>>>
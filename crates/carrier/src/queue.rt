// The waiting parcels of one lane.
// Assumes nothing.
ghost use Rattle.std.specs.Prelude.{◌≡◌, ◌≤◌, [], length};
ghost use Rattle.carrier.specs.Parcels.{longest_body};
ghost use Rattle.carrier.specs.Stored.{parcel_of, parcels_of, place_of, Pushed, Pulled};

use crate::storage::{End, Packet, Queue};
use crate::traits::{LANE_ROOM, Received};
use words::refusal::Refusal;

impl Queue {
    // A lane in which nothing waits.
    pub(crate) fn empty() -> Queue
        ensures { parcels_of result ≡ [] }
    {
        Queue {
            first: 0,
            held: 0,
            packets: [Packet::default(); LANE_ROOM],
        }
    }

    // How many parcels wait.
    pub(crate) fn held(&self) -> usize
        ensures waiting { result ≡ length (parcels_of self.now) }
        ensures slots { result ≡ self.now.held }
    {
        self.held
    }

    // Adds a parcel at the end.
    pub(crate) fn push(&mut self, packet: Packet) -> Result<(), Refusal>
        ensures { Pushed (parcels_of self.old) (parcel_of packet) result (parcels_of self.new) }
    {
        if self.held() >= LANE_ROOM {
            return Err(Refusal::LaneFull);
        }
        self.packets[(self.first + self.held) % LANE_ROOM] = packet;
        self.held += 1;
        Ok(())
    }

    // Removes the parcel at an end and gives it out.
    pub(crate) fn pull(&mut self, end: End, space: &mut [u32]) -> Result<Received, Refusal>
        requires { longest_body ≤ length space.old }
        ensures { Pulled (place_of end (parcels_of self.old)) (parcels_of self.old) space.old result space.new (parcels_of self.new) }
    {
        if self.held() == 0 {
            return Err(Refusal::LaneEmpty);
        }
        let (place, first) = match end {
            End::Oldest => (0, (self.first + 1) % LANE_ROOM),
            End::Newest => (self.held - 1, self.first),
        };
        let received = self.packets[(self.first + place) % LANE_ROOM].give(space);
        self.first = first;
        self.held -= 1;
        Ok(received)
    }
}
<<<
* Task prompt *
Set down exactly, and only, the lines of the data above from the line containing "return Err(Refusal::LaneEmpty);" through the last one.

* Answer for this exercise *
            return Err(Refusal::LaneEmpty);
        }
        let (place, first) = match end {
            End::Oldest => (0, (self.first + 1) % LANE_ROOM),
            End::Newest => (self.held - 1, self.first),
        };
        let received = self.packets[(self.first + place) % LANE_ROOM].give(space);
        self.first = first;
        self.held -= 1;
        Ok(received)
    }
}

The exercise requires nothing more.